- _WHAT THE EXERCISE ASKS_
Give again, word for word, every line below from the one that has "restore(queue, instance.ticket, phase);" through the one that has "OnOk result (objects_of", both included, and no others.
Start of MATERIAL TO PROCESS
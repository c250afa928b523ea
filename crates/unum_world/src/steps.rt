//! Steps: one operation of an attempt.
ghost use Rattle.world_types.specs.declared.queue.Attempt.{Attempt};
ghost use Rattle.std.specs.Prelude.{◌≡◌, ◌≢◌, ◌<◌, ◌≤◌, ◌+◌, ◌++◌, ◌∷◌, [], ◌^◌};
ghost use Rattle.std.specs.Prelude.{ℕ, true, None, length, slice_get, slice_set, IfOk, OnOk, OnErr, IsSome, IsTrue, vec_len};
ghost use Rattle.std.specs.Vec.{vec_capacity};
ghost use Rattle.std.specs.Option.{option_copied};
ghost use Rattle.world_types.specs.declared.queue.Event.TheVariants.{Step};
ghost use Rattle.world_model.specs.AnyCode.Code.{flags};
ghost use Rattle.world_model.specs.AnyCode.Operations.{Ack};
ghost use Rattle.world_model.specs.AnyCode.Program.{Do};
ghost use Rattle.world_model.specs.AnyCode.World.{enabled, effect, lives, objects_after, reply_to};
ghost use Rattle.checkpoint_store.specs.Entries.{objects_of};
ghost use Rattle.continuation_gen.specs.Coded.{code_of_ir};
ghost use Rattle.invoke_queue.specs.Plans.{IsRisingPlan};
ghost use Rattle.invoke_queue.specs.Queue.{with_attempt, attempt_at, attempt_after_move};
ghost use Rattle.unum_hub.specs.Holding.{IsFit};
ghost use Rattle.fn_wrapper.specs.Actions.{IsCountOfActs};
ghost use Rattle.fn_wrapper.specs.Ready.{CopiesData};
ghost use Rattle.unum_world.specs.Openings.{codes_of};
ghost use Rattle.unum_world.specs.Traces.{world_of};
ghost use Rattle.unum_world.specs.OneStep.{is_won, entries_won, phase_acts, stops_with, op_takes_memory, takes_memory};
ghost use Rattle.unum_world.specs.Instances.{CanMove, CanRun, IsGiven, Runs, IsDo, next_at, queue_replied, queue_operated, ReadsAt};
ghost use Rattle.unum_world.specs.Kept.{stop_in, twins_with, Keeps, Holds};

use crate::flat::form_of;
use crate::mishaps::{add, put};
use crate::opening::Opening;
use crate::places::{message_of, session_of};
use crate::prepared::{Prepared, prepare};
use crate::twins::put_twin;
use crate::world_state::WorldState;
use fanin_bitmap::Bitmap;
use fn_wrapper::{Instance, absorb, act_count, next};
use invoke_queue::Queue;
use std::alloc::Global;
use unum_hub::Hub;
use unum_json::NoMemory;
use world_plans::Plan;
use world_types::{Attempt, Doing, Entry, Op, Phase, Reply, Stop};

/// The stop that is kept for an attempt.
fn stop_of(stops: &[Option<Stop<u32>>], attempt: u32) -> Option<&Stop<u32>>
    ensures { option_copied result ≡ stop_in (slice_get stops.now attempt) }
{
    match stops.get(attempt as usize) {
        Some(Some(stop)) => Some(stop),
        _ => None,
    }
}

/// What an attempt does next.
pub fn next_doing(
    alloc: Global,
    now: &WorldState,
    instance: Instance<'_>,
) -> Result<Doing<u32, Bitmap>, NoMemory>
    requires { CanRun instance.ir.now instance.invocation.now now.now instance.ticket }
    ensures next { let it = instance.entry in IfOk result (λ d. d ≡ next_at it.ir.now it.invocation.now now.now.hub.queue it.ticket) }
    ensures memory { OnErr result ((t : Attempt) → slice_get now.now.hub.queue.atts instance.entry.ticket ≡ Some t → CopiesData t.phase) }
{
    let Some(t) = now.hub.queue.attempt(instance.ticket) else {
        unreachable!();
    };
    let stop = stop_of(now.stops.as_slice(), instance.ticket);
    next(alloc, instance.ir, instance.invocation, &t.phase, stop)
}

/// The operation that an attempt does next.
fn operation(
    alloc: Global,
    now: &WorldState,
    instance: Instance<'_>,
) -> Result<Op<u32, Bitmap>, NoMemory>
    requires runs { CanRun instance.ir.now instance.invocation.now now.now instance.ticket }
    requires does { IsDo (next_at instance.ir.now instance.invocation.now now.now.hub.queue instance.ticket) }
    ensures op { let it = instance.entry in IfOk result (λ op. next_at it.ir.now it.invocation.now now.now.hub.queue it.ticket ≡ Do op) }
    ensures memory { OnErr result ((t : Attempt) → slice_get now.now.hub.queue.atts instance.entry.ticket ≡ Some t → CopiesData t.phase) }
{
    match next_doing(alloc, now, instance) {
        Ok(Doing::Do(op)) => Ok(op),
        Ok(Doing::Ask { .. }) => unreachable!(),
        Ok(Doing::Nothing) => unreachable!(),
        Err(error) => Err(error),
    }
}

/// Whether an attempt is there and acts.
fn acts(attempt: Option<&Attempt>) -> bool
    ensures { result ≡ phase_acts (option_copied attempt.entry) }
{
    match attempt {
        Some(t) => matches!(t.phase, Phase::Acting { .. }),
        None => false,
    }
}

/// How many acts an attempt's instance has, while it acts.
fn count_acts(now: &WorldState, instance: Instance<'_>) -> u32
    requires { CanRun instance.ir.now instance.invocation.now now.now instance.ticket }
    ensures { let it = instance.entry in (t : Attempt) → slice_get now.now.hub.queue.atts it.ticket ≡ Some t → IsCountOfActs (code_of_ir it.ir.now) it.invocation.now t.phase result }
{
    if !acts(now.hub.queue.attempt(instance.ticket)) {
        return 0;
    }
    match stop_of(now.stops.as_slice(), instance.ticket) {
        Some(stop) => act_count(instance.ir, instance.invocation, stop),
        None => 0,
    }
}

/// Puts a phase back where it was taken from.
fn restore(queue: &mut Queue, attempt: u32, phase: Phase)
    requires { lives (slice_get queue.old.atts attempt) ≡ true }
    ensures { queue.new ≡ with_attempt queue.old attempt (attempt_at phase) }
{
    match queue.put_phase(attempt, phase) {
        Ok(taken) => drop(taken),
        Err(_) => unreachable!(),
    }
}

/// Counts a step of an attempt, which stands in that phase then.
fn advance(queue: &mut Queue, attempt: u32, phase: Phase)
    requires lives { lives (slice_get queue.old.atts attempt) ≡ true }
    requires steps { (t : Attempt) → slice_get queue.old.atts attempt ≡ Some t → t.live ≡ true → t.steps < 4294967295 }
    ensures { queue.new ≡ with_attempt queue.old attempt (attempt_after_move phase) }
{
    match queue.advance(attempt, phase) {
        Ok(taken) => drop(taken),
        Err(_) => unreachable!(),
    }
}

/// Moves an attempt on by a reply.
fn move_on(
    alloc: Global,
    queue: &mut Queue,
    instance: Instance<'_>,
    reply: Reply<Bitmap>,
    acts: u32,
) -> Result<(), NoMemory>
    requires moves { CanMove instance.ir.now instance.invocation.now queue.old instance.ticket acts }
    requires input { IsGiven instance.ir.now instance.invocation.now (slice_get queue.old.atts instance.ticket) reply }
    ensures ok { let it = instance.entry in OnOk result (queue.new ≡ queue_replied it.ir.now it.invocation.now queue.old it.ticket reply) }
    ensures err { OnErr result (queue.new ≡ queue.old) }
    ensures memory { OnErr result (ReadsAt (slice_get queue.old.atts instance.entry.ticket)) }
{
    let Ok(phase) = queue.put_phase(instance.ticket, Phase::Looking) else {
        drop(reply);
        unreachable!();
    };
    let mut phase = phase;
    match absorb(alloc, instance, &mut phase, reply, acts) {
        Ok(()) => {
            advance(queue, instance.ticket, phase);
            Ok(())
        }
        Err(NoMemory) => {
            restore(queue, instance.ticket, phase);
            Err(NoMemory)
        }
    }
}

/// Whether a Create won.
fn is_won(reply: &Reply<Bitmap>) -> bool
    ensures { result ≡ is_won reply.now }
{
    matches!(reply, Reply::Won)
}

/// Does an operation that is no Ack, and moves the attempt on by the reply. Answers whether it won.
fn operate(
    alloc: Global,
    hub: &mut Hub,
    instance: Instance<'_>,
    op: Op<u32, Bitmap>,
    acts: u32,
) -> Result<bool, NoMemory>
    requires fit { IsFit hub.old.queue instance.ticket op }
    requires moves { CanMove instance.ir.now instance.invocation.now hub.old.queue instance.ticket acts }
    requires input { IsGiven instance.ir.now instance.invocation.now (slice_get hub.old.queue.atts instance.ticket) (reply_to flags (objects_of hub.old.store) op) }
    requires does { next_at instance.ir.now instance.invocation.now hub.old.queue instance.ticket ≡ Do op }
    requires goes_on { op ≢ Ack }
    ensures objects { OnOk result (objects_of hub.new.store ≡ objects_after flags (objects_of hub.old.store) op) }
    ensures queue { let it = instance.entry in OnOk result (hub.new.queue ≡ queue_operated it.ir.now it.invocation.now hub.old it.ticket op) }
    ensures won { IfOk result (λ b. b ≡ is_won (reply_to flags (objects_of hub.old.store) op)) }
    ensures err_objects { OnErr result (objects_of hub.new.store ≡ objects_of hub.old.store) }
    ensures err_queue { OnErr result (hub.new.queue ≡ hub.old.queue) }
    ensures memory { OnErr result (IsTrue (op_takes_memory op)) }
{
    let reply = hub.apply(instance.ticket, op)?;
    let won = is_won(&reply);
    match move_on(alloc, &mut hub.queue, instance, reply, acts) {
        Ok(()) => Ok(won),
        Err(error) => Err(error),
    }
}

/// Keeps where the scope of an attempt stops, while it acts.
fn keep_stop(
    stops: &mut Vec<Option<Stop<u32>>>,
    queue: &Queue,
    attempt: u32,
    stop: Option<Stop<u32>>,
)
    requires { attempt < vec_len stops.old }
    ensures { stops.new.items ≡ stops_with stops.old.items attempt stop (phase_acts (slice_get queue.now.atts attempt)) }
{
    match stop {
        Some(stop) => stops[attempt as usize] = Some(stop),
        None => {
            if !acts(queue.attempt(attempt)) {
                stops[attempt as usize] = None;
            }
        }
    }
}

/// Adds the entry of an operation that won. There is room.
fn add_won(journal: &mut Vec<Entry>, won: bool, entry: Option<Entry>)
    requires { IsSome entry → vec_len journal.old < vec_capacity journal.old }
    ensures { journal.new.items ≡ journal.old.items ++ entries_won won entry }
{
    match entry {
        None => (),
        Some(entry) => {
            if won {
                add(journal, entry);
            } else {
                drop(entry);
            }
        }
    }
}

/// Changes what a step changes beside objects and queue: stops, journal, marks and twins.
fn finish(plan: &Plan, now: &mut WorldState, attempt: u32, prepared: Prepared, won: bool)
    requires plan { IsRisingPlan plan.now }
    requires stops { attempt < vec_len now.old.stops }
    requires entries { IsSome prepared.entry → vec_len now.old.journal < vec_capacity now.old.journal }
    requires marks { now.old.marks + prepared.marks < 2 ^ 64 }
    requires room { prepared.inv < now.old.twins.room }
    ensures hub { now.new.hub ≡ now.old.hub }
    ensures stops { now.new.stops.items ≡ stops_with now.old.stops.items attempt prepared.stop (phase_acts (slice_get now.old.hub.queue.atts attempt)) }
    ensures journal { now.new.journal.items ≡ now.old.journal.items ++ entries_won won prepared.entry }
    ensures marks { now.new.marks ≡ now.old.marks + prepared.marks }
    ensures twins { now.new.twins ≡ twins_with plan.now now.old.hub.queue now.old.twins prepared.inv }
{
    let Prepared {
        stop,
        entry,
        marks,
        inv,
    } = prepared;
    keep_stop(&mut now.stops, &now.hub.queue, attempt, stop);
    add_won(&mut now.journal, won, entry);
    now.marks += marks;
    put_twin(plan, &now.hub.queue, &mut now.twins, inv);
}

/// Acknowledges the invocation of an attempt, which ends.
fn acknowledge(alloc: Global, o: &Opening, now: &mut WorldState, instance: Instance<'_>, inv: u32)
    requires holds { Holds o.now now.old }
    requires runs { Runs o.now now.old instance.ticket inv instance.invocation.now instance.ir.now }
    requires does { next_at instance.ir.now instance.invocation.now now.old.hub.queue instance.ticket ≡ Do Ack }
    ensures world { world_of o.now now.new ≡ effect flags (codes_of o.now) (world_of o.now now.old) (Step instance.entry.ticket) }
    ensures kept { Keeps o.now now.new }
{
    let acts = count_acts(now, instance);
    if move_on(alloc, &mut now.hub.queue, instance, Reply::Finished, acts).is_err() {
        unreachable!();
    }
    if now.hub.queue.ack(instance.ticket).is_err() {
        unreachable!();
    }
    put(&mut now.stops, instance.ticket, None);
    put_twin(&o.plan, &now.hub.queue, &mut now.twins, inv);
}

/// Does an operation of an attempt that is no Ack.
fn carry(
    alloc: Global,
    o: &Opening,
    now: &mut WorldState,
    instance: Instance<'_>,
    inv: u32,
    op: Op<u32, Bitmap>,
) -> Result<(), NoMemory>
    requires holds { Holds o.now now.old }
    requires runs { Runs o.now now.old instance.ticket inv instance.invocation.now instance.ir.now }
    requires does { next_at instance.ir.now instance.invocation.now now.old.hub.queue instance.ticket ≡ Do op }
    requires goes_on { op ≢ Ack }
    ensures ok { OnOk result (world_of o.now now.new ≡ effect flags (codes_of o.now) (world_of o.now now.old) (Step instance.entry.ticket)) }
    ensures err { OnErr result (world_of o.now now.new ≡ world_of o.now now.old) }
    ensures kept { Keeps o.now now.new }
    ensures memory { OnErr result (IsTrue (op_takes_memory op)) }
{
    let acts = count_acts(now, instance);
    let Ok(prepared) = prepare(alloc, now, instance, inv, &op) else {
        drop(op);
        return Err(NoMemory);
    };
    match operate(alloc, &mut now.hub, instance, op, acts) {
        Ok(won) => {
            finish(&o.plan, now, instance.ticket, prepared, won);
            Ok(())
        }
        Err(NoMemory) => {
            drop(prepared);
            Err(NoMemory)
        }
    }
}

/// An attempt does its next operation.
pub fn step(alloc: Global, o: &Opening, now: &mut WorldState, attempt: u32) -> Result<(), NoMemory>
    requires holds { Holds o.now now.old }
    requires on { IsTrue (enabled (codes_of o.now) (world_of o.now now.old) (Step attempt)) }
    ensures ok { OnOk result (world_of o.now now.new ≡ effect flags (codes_of o.now) (world_of o.now now.old) (Step attempt)) }
    ensures err { OnErr result (world_of o.now now.new ≡ world_of o.now now.old) }
    ensures kept { Keeps o.now now.new }
    ensures memory { OnErr result (IsTrue (takes_memory (codes_of o.now) (world_of o.now now.old) (Step attempt))) }
{
    let (inv, message) = message_of(&now.hub.queue, attempt);
    let ir = form_of(o, session_of(&message));
    let instance = Instance {
        ir,
        invocation: &message,
        ticket: attempt,
    };
    match operation(alloc, now, instance)? {
        Op::Ack => {
            acknowledge(alloc, o, now, instance, inv);
            Ok(())
        }
        other => carry(alloc, o, now, instance, inv, other),
    }
}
End of MATERIAL TO PROCESS
- _RESPONSE BOX_
            restore(queue, instance.ticket, phase);
            Err(NoMemory)
        }
    }
}

/// Whether a Create won.
fn is_won(reply: &Reply<Bitmap>) -> bool
    ensures { result ≡ is_won reply.now }
{
    matches!(reply, Reply::Won)
}

/// Does an operation that is no Ack, and moves the attempt on by the reply. Answers whether it won.
fn operate(
    alloc: Global,
    hub: &mut Hub,
    instance: Instance<'_>,
    op: Op<u32, Bitmap>,
    acts: u32,
) -> Result<bool, NoMemory>
    requires fit { IsFit hub.old.queue instance.ticket op }
    requires moves { CanMove instance.ir.now instance.invocation.now hub.old.queue instance.ticket acts }
    requires input { IsGiven instance.ir.now instance.invocation.now (slice_get hub.old.queue.atts instance.ticket) (reply_to flags (objects_of hub.old.store) op) }
    requires does { next_at instance.ir.now instance.invocation.now hub.old.queue instance.ticket ≡ Do op }
    requires goes_on { op ≢ Ack }
    ensures objects { OnOk result (objects_of hub.new.store ≡ objects_after flags (objects_of hub.old.store) op) }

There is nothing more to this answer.